街中で何でも屋を営んでいるというスカル。そして、もう一人少女がいるとのことだが詳しくは聞かされていない。
ラチェットとコーテナ。そして、その何でも屋の開業とやらも精霊騎士団が絡んでいる。全面的に王都のトップ組織がバックアップを担当しているのだ。
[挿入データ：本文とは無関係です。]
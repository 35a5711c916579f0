//! A region of three parts.
ghost use Rattle.std.specs.Prelude.{◌≡◌, length, IfOk};
ghost use Rattle.std.specs.Arc.{arc_value};
ghost use Rattle.sol_base.specs.declared.account.Account.{Account};

use data_parts::{Part, Parts};
use sol_base::{Account, Blob, Items, OutOfMemory};
use std::alloc::Global;
use std::sync::Arc;

/// An account with the data `0304`.
pub fn lent_account(alloc: Global) -> Result<Arc<Account>, OutOfMemory>
    ensures { IfOk result
        (λ lent. let account : Account = arc_value lent in length account.bytes ≡ 2) }
{
    let mut account = Account::empty(alloc);
    account.bytes = Blob::from_slice(alloc, &[3, 4])?;
    Ok(Arc::new(alloc, account)?)
}

/// The list `0102` of its own, the data of the account, and one zero byte.
#[tactic(auto, unfolding(data_parts::specs::Parts::bytes_of))]
pub fn region(alloc: Global, lent: &Arc<Account>) -> Result<Parts, OutOfMemory>
    requires { let account : Account = arc_value lent.now in length account.bytes ≡ 2 }
{
    let mut parts = Items::new(alloc);
    parts.push(Part::Bytes(Blob::from_slice(alloc, &[1, 2])?))?;
    parts.push(Part::Lent(Arc::try_clone(lent)?))?;
    parts.push(Part::Zeros(1))?;
    Parts::from_items(alloc, parts)
}
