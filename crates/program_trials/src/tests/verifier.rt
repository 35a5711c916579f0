//! Texts that are refused, and given back.
use crate::tests::slots::{EXIT, Fields, text_of};
use sbpf_verify::{VerifyFault, first_refusal, verify};
use sol_base::{Blob, OutOfMemory};
use std::alloc::Global;

/// Texts that are refused, and why: a jump into the second slot of a wide load, one past the end,
/// and no text.
const REFUSED: &[(&[Fields], VerifyFault)] = &[
    (&[], VerifyFault::Length),
    (
        &[(0x05, 0, 1, 0), (0x18, 0, 0, 1), (0, 0, 0, 2), EXIT],
        VerifyFault::Jump { at: 0 },
    ),
    (&[EXIT, (0x05, 0, 0, 0)], VerifyFault::Jump { at: 1 }),
];

/// Whether the text is refused so, and given back.
fn is_refused(text: Blob, again: &[u8], fault: VerifyFault) -> bool {
    let first = first_refusal(text.as_slice());
    match verify(text) {
        Ok(_) => false,
        Err(unfit) => {
            unfit.cause == fault && first == Some(fault) && unfit.text.as_slice() == again
        }
    }
}

/// Whether the text of slots is refused so.
fn are_refused(alloc: Global, slots: &[Fields], fault: VerifyFault) -> Result<bool, OutOfMemory> {
    let text = text_of(alloc, slots)?;
    let copy = text.try_copy()?;
    Ok(is_refused(text, copy.as_slice(), fault))
}

/// Two bytes, which are no text.
const HALF: [u8; 2] = [0x95, 0x00];

/// Whether the two bytes are refused.
fn half_is_refused(alloc: Global) -> Result<bool, OutOfMemory> {
    let half = Blob::from_slice(alloc, &HALF)?;
    Ok(is_refused(half, &HALF, VerifyFault::Length))
}

#[test]
fn each_refusal_comes_at_its_slot(rt: HostRuntime) {
    for (slots, fault) in REFUSED {
        assert!(rt; are_refused(rt.alloc(), slots, *fault) == Ok(true));
    }
    assert!(rt; half_is_refused(rt.alloc()) == Ok(true));
}
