// The lines of lent bytes, where they lie, and the unfinished line kept for the next piece of an input.
#![tactic(auto)]

ghost use Rattle.std.specs.Prelude.{◌≡◌};
ghost use Rattle.input_lines.specs.Place.{keep_rest};

// The whole lines of a run, each with its line feed. What follows the last of them is no line.
#[derive(Clone, Copy, Debug)]
pub struct RunLines<'a> {
    pub rest: &'a [u8],
}

impl<'a> Iterator for RunLines<'a> {
    ghost use Rattle.std.specs.Iterator.{YieldsFirstRef, item_count};
    ghost use Rattle.input_lines.specs.Place.{lines_left};

    type Item = &'a [u8];

    ghost next_gives = { YieldsFirstRef lines_left };

    ghost remaining = { item_count lines_left };

    fn next(&mut self) -> Option<&'a [u8]> {
        let i = text::search::byte_position(self.rest, b'\n')?;
        let line = &self.rest[..i + 1];
        self.rest = &self.rest[i + 1..];
        Some(line)
    }
}

// The bytes from one place up to another moved to the front of their buffer; those past its end are left out. The answer is how many they are. The places stay: a part of a buffer cannot be
// lent beside the buffer.
pub fn keep_rest(buffer: &mut [u8], from: usize, to: usize) -> usize
    ensures { record { buffer = buffer.new; kept = result } ≡ keep_rest buffer.old from to }
{
    let end = to.min(buffer.len());
    if end <= from {
        return 0;
    }
    buffer.copy_within(from..end, 0);
    end - from
}
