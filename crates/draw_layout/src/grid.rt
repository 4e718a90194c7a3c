//! The cells of a rung.

use crate::tree::Contact;
use diagram_declarations::Pin;
use diagram_program::CoilMode;
use diagram_program::geometry::{COLUMNS, ROWS};

/// What is drawn in a cell. Variables and instances go by their numbers, and so do labels.
#[derive(Clone, Copy)]
pub(crate) enum Cell {
    Blank,
    Wire,
    Contact(Contact),
    Coil { mode: CoilMode, variable: usize },
    /// The upper cell of a block.
    Block { instance: usize },
    /// The lower cell of a block.
    Lower { pin: Pin, is_fed: bool },
    Jump { label: usize },
    /// A jump to the end.
    Exit,
}

/// A rung: its cells, and the vertical links at its joints.
#[derive(Drop)]
pub(crate) struct Grid {
    cells: [[Cell; COLUMNS]; ROWS],
    /// Whether a row is joined with the one above it, on the left of the column.
    links: [[bool; COLUMNS]; ROWS],
}

impl Grid {
    /// A rung where nothing is drawn.
    pub(crate) fn new() -> Grid {
        Grid {
            cells: [[Cell::Blank; COLUMNS]; ROWS],
            links: [[false; COLUMNS]; ROWS],
        }
    }

    /// The cell at a place. Nothing is drawn past the edges.
    pub(crate) fn cell(&self, row: usize, column: usize) -> Cell {
        match self.cells.get(row) {
            Some(cells) => match cells.get(column) {
                Some(cell) => *cell,
                None => Cell::Blank,
            },
            None => Cell::Blank,
        }
    }

    /// Whether the place is joined with the one above it, on the left of the column.
    pub(crate) fn is_linked(&self, row: usize, column: usize) -> bool {
        match self.links.get(row) {
            Some(links) => match links.get(column) {
                Some(is_linked) => *is_linked,
                None => false,
            },
            None => false,
        }
    }

    /// Draws a cell. Past the edges nothing is drawn.
    pub(crate) fn put(&mut self, row: usize, column: usize, cell: Cell) {
        if let Some(cells) = self.cells.get_mut(row) {
            if let Some(place) = cells.get_mut(column) {
                *place = cell;
            }
        }
    }

    /// Joins a row with the one above it, on the left of a column.
    fn link(&mut self, row: usize, column: usize) {
        if let Some(links) = self.links.get_mut(row) {
            if let Some(place) = links.get_mut(column) {
                *place = true;
            }
        }
    }

    /// Draws wires in a row, from a column up to another.
    pub(crate) fn wires(&mut self, row: usize, column: usize, to: usize) {
        for place in column..to {
            self.put(row, place, Cell::Wire);
        }
    }

    /// Joins rows on the left of a column, from the highest to the lowest. On the left of the first one there is the rail.
    pub(crate) fn join(&mut self, column: usize, highest: usize, lowest: usize) {
        if column > 0 {
            for row in highest.saturating_add(1)..lowest.saturating_add(1) {
                self.link(row, column);
            }
        }
    }

    /// How many rows of the rung are drawn.
    pub(crate) fn rows(&self) -> usize {
        let mut rows = 0;
        for row in 0..ROWS {
            for column in 0..COLUMNS {
                if !matches!(self.cell(row, column), Cell::Blank) {
                    rows = row + 1;
                }
            }
        }
        rows
    }
}
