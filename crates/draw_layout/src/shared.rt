//! Assignments that share a rung.

use crate::coils::{Coil, Coils};
use crate::tree::same;
use diagram_program::CoilMode;
use st_expression::Expression;
use st_statements::constant_of;

/// The mode of a coil that stores an expression. One that is never on is the inverse of the rail.
pub(crate) fn store_mode(value: &Expression) -> CoilMode {
    match constant_of(value) {
        Some(false) => CoilMode::Inverse,
        _ => CoilMode::Store,
    }
}

/// Assignments that share a rung.
#[derive(Clone, Copy)]
pub(crate) struct Shared<'a> {
    pub(crate) value: Option<&'a Expression>,
    pub(crate) coils: Coils,
}

impl<'a> Shared<'a> {
    /// None.
    pub(crate) fn new() -> Shared<'a> {
        Shared {
            value: None,
            coils: Coils::new(),
        }
    }

    /// Whether an assignment of a value may share the rung: it has the same one, and sees none that an earlier one writes.
    pub(crate) fn takes(&self, value: &Expression) -> bool {
        let Some(first) = self.value else {
            return true;
        };
        let is_same = same(first, value)
            || (constant_of(first).is_some() && constant_of(value).is_some());
        is_same && !self.coils.is_full() && !self.coils.are_read_by(value)
    }

    /// These and one more.
    pub(crate) fn with(self, variable: usize, value: &'a Expression) -> Shared<'a> {
        let first = match self.value {
            Some(first) => first,
            None => value,
        };
        Shared {
            value: Some(first),
            coils: self.coils.with(Coil {
                mode: store_mode(value),
                variable,
            }),
        }
    }
}
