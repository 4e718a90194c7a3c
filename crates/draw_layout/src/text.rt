//! A text as it is written.

use itoa::Buffer;
use std::alloc::{AllocError, Global};

/// A text that is written. Once memory has run out, nothing more is added to it.
#[derive(Drop)]
pub(crate) struct Text {
    bytes: Vec<u8>,
    added: Result<(), AllocError>,
}

impl Text {
    /// A text of no bytes.
    pub(crate) fn new(alloc: Global) -> Text {
        Text {
            bytes: Vec::new(alloc),
            added: Ok(()),
        }
    }

    /// Whether nothing was added yet.
    pub(crate) fn is_empty(&self) -> bool {
        self.bytes.is_empty()
    }

    /// How many bytes the text has.
    pub(crate) fn len(&self) -> usize {
        self.bytes.len()
    }

    /// Adds bytes, unless memory runs out: then the end of the text says so.
    pub(crate) fn add(&mut self, bytes: &[u8]) {
        if self.added.is_ok() {
            self.added = self.bytes.extend_from_slice(bytes);
        }
    }

    /// Adds bytes, and after them a number in decimal.
    pub(crate) fn add_number(&mut self, bytes: &[u8], number: usize) {
        let mut digits = Buffer::new();
        self.add(bytes);
        self.add(digits.format(number).as_bytes());
    }

    /// Adds bytes in the middle of a place of this width, as far as there is room, and spaces on the left of them.
    pub(crate) fn add_centred(&mut self, bytes: &[u8], width: usize) {
        let start = self.bytes.len();
        self.fill(start, width.saturating_sub(bytes.len()) / 2);
        self.add(&bytes[..bytes.len().min(width)]);
    }

    /// Adds spaces until the text has this many bytes from `start` on.
    pub(crate) fn fill(&mut self, start: usize, place: usize) {
        for _ in self.bytes.len().saturating_sub(start)..place {
            self.add(b" ");
        }
    }

    /// Ends a line that isn't blank, without the spaces at its end.
    pub(crate) fn end_line(&mut self) {
        let len = self.bytes.trim_ascii_end().len();
        self.bytes.truncate(len);
        self.add(b"\n");
    }

    /// The bytes of the text.
    ///
    /// # Errors
    ///
    /// `AllocError` when memory had run out.
    pub(crate) fn end(self) -> Result<Vec<u8>, AllocError> {
        match self.added {
            Ok(()) => Ok(self.bytes),
            Err(error) => Err(error),
        }
    }
}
それだけの注目……フェイトの身を駆り出させるほどの存在。
「あれだけの無能な輩に一体、何があるというんだ」
先程まで優しさ溢れる表情だったエドワードの顔が苦くなる。
舌打ち。そして歯ぎしり。貴族のご子息としてあまりに下品な表情を浮かべる。
あんな存在。魔法使いの存在を馬鹿にしたような連中。
ただの興味本位で学園に足を踏み込んだ連中。どのような手を使ったのかは知らないが、あまりの彼らの無知を前に、この上ない苛立ちを覚えたのは言うまでもない。
無能な彼に、何の魅力があるというのか。
無能な彼に、何の秘密があるというのか。
無能な彼に、何の脅威があるというのか。
……エドワードが最も心酔し、大切とする存在。
そんな彼女の手を煩わせる。そんな彼女の視覚を支配する。
全てにおいて、エドワードは来訪者の存在に怒りと妬みを思い浮かべた。
「フェイトにコーネリウス。そして精霊騎士団……皆が出る必要はない」
本を手に、エドワードは自室の扉を開いた。